_Data_
--- START ---
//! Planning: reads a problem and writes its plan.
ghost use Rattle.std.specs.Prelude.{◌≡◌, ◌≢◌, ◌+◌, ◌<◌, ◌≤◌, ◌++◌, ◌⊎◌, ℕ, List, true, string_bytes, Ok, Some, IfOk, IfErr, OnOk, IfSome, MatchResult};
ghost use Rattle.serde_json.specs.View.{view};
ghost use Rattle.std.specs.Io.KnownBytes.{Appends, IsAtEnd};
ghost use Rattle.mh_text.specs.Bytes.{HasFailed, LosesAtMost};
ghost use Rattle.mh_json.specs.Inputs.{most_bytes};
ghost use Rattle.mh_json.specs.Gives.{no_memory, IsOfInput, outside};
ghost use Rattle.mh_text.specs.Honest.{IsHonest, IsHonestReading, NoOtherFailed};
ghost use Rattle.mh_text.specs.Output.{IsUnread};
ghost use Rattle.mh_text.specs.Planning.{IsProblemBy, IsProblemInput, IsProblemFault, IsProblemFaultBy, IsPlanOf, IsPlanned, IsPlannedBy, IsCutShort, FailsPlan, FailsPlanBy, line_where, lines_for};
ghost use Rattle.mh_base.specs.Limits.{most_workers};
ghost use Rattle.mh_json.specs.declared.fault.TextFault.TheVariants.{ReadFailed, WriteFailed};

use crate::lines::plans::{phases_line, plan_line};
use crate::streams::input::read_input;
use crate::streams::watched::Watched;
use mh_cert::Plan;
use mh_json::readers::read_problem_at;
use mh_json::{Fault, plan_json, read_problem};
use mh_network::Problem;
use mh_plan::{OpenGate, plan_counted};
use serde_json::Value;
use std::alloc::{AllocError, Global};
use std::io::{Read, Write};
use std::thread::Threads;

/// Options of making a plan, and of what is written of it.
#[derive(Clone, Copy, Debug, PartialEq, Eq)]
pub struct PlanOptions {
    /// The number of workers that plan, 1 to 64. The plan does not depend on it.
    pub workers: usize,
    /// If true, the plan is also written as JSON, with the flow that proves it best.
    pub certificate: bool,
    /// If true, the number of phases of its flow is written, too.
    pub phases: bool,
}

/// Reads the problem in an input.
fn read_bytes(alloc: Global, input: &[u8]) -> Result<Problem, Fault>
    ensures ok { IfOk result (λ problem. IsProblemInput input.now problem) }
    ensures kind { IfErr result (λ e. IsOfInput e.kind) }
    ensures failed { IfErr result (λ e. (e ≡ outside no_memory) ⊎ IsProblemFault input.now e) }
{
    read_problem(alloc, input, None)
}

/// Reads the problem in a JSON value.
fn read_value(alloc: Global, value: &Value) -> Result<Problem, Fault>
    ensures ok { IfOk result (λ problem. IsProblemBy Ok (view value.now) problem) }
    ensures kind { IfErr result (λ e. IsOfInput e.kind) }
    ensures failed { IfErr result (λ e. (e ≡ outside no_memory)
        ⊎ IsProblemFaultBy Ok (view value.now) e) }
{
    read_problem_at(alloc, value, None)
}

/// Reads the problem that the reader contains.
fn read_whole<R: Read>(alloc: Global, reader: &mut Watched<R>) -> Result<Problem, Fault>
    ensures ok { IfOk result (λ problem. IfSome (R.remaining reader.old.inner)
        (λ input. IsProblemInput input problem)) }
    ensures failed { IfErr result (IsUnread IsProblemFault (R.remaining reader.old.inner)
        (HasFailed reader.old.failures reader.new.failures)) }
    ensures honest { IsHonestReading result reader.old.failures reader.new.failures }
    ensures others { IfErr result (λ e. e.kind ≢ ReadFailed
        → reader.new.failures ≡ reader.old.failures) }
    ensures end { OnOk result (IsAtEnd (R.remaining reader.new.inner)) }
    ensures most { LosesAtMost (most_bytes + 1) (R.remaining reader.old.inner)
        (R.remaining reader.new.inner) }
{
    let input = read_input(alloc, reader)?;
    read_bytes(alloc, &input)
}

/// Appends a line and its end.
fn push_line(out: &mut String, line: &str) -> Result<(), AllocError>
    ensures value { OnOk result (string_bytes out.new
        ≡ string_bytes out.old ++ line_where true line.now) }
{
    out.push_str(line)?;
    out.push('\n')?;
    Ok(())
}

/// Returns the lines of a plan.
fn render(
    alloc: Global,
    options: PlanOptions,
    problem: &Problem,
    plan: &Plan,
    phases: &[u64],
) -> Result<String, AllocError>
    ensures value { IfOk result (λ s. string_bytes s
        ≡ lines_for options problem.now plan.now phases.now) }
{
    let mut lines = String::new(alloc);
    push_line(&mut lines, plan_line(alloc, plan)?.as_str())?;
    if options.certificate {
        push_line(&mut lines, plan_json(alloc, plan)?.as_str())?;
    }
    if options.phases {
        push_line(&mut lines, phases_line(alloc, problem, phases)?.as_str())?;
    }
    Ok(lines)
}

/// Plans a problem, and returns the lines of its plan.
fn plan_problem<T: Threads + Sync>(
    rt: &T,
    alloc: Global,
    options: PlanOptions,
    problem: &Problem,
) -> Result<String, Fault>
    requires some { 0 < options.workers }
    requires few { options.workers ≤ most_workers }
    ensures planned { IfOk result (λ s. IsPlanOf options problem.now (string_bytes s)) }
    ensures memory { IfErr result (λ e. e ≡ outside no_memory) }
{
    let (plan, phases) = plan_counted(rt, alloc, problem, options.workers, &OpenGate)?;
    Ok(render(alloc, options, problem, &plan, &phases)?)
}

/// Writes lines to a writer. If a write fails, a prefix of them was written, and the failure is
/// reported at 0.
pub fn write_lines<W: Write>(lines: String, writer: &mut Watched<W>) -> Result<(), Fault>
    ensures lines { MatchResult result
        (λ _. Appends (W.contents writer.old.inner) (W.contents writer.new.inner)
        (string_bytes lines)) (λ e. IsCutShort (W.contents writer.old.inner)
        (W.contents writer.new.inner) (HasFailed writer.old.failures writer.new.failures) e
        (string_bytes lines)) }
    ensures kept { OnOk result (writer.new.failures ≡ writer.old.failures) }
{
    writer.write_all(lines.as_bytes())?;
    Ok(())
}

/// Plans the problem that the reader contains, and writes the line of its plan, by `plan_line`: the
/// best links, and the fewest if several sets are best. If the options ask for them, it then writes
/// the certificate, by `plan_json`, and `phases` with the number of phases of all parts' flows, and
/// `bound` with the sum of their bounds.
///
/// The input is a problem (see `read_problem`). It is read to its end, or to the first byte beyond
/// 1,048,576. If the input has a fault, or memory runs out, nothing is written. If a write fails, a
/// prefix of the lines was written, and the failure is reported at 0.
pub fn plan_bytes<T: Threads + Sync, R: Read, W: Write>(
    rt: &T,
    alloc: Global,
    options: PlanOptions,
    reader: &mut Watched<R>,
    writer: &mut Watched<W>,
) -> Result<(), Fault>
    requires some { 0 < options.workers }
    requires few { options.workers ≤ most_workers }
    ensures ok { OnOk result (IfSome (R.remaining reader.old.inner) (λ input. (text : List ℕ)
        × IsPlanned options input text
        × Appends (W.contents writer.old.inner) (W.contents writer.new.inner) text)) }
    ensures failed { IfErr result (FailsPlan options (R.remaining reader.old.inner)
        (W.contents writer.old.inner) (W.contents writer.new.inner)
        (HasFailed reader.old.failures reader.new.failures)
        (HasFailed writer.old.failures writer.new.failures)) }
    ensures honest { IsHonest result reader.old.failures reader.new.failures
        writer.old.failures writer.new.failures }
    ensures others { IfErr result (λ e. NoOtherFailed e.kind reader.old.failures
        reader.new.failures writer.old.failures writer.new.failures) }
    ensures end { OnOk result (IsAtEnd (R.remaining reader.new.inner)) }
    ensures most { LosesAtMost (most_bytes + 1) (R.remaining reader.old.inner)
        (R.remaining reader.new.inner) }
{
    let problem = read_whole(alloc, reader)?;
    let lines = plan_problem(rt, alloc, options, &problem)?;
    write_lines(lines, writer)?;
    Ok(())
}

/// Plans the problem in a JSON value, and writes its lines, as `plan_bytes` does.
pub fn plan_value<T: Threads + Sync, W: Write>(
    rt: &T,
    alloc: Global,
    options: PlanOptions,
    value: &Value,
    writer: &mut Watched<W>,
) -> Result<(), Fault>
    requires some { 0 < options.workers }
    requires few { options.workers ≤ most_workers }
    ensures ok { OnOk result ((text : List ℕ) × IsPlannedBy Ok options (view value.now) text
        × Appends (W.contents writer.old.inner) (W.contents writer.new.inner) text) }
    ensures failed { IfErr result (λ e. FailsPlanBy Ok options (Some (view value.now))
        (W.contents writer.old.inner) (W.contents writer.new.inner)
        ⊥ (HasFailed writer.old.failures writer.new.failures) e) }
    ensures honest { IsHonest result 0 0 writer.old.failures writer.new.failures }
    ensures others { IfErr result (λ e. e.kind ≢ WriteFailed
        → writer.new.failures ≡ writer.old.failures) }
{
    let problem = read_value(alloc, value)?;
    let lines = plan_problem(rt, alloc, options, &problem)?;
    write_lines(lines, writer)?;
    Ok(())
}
--- END ---
_Task to complete_
The lines you return should be those above that contain the word "contents", every one of them.

_Solution to the exercise_
        (λ _. Appends (W.contents writer.old.inner) (W.contents writer.new.inner)
        (string_bytes lines)) (λ e. IsCutShort (W.contents writer.old.inner)
        (W.contents writer.new.inner) (HasFailed writer.old.failures writer.new.failures) e
        × Appends (W.contents writer.old.inner) (W.contents writer.new.inner) text)) }
        (W.contents writer.old.inner) (W.contents writer.new.inner)
        × Appends (W.contents writer.old.inner) (W.contents writer.new.inner) text) }
        (W.contents writer.old.inner) (W.contents writer.new.inner)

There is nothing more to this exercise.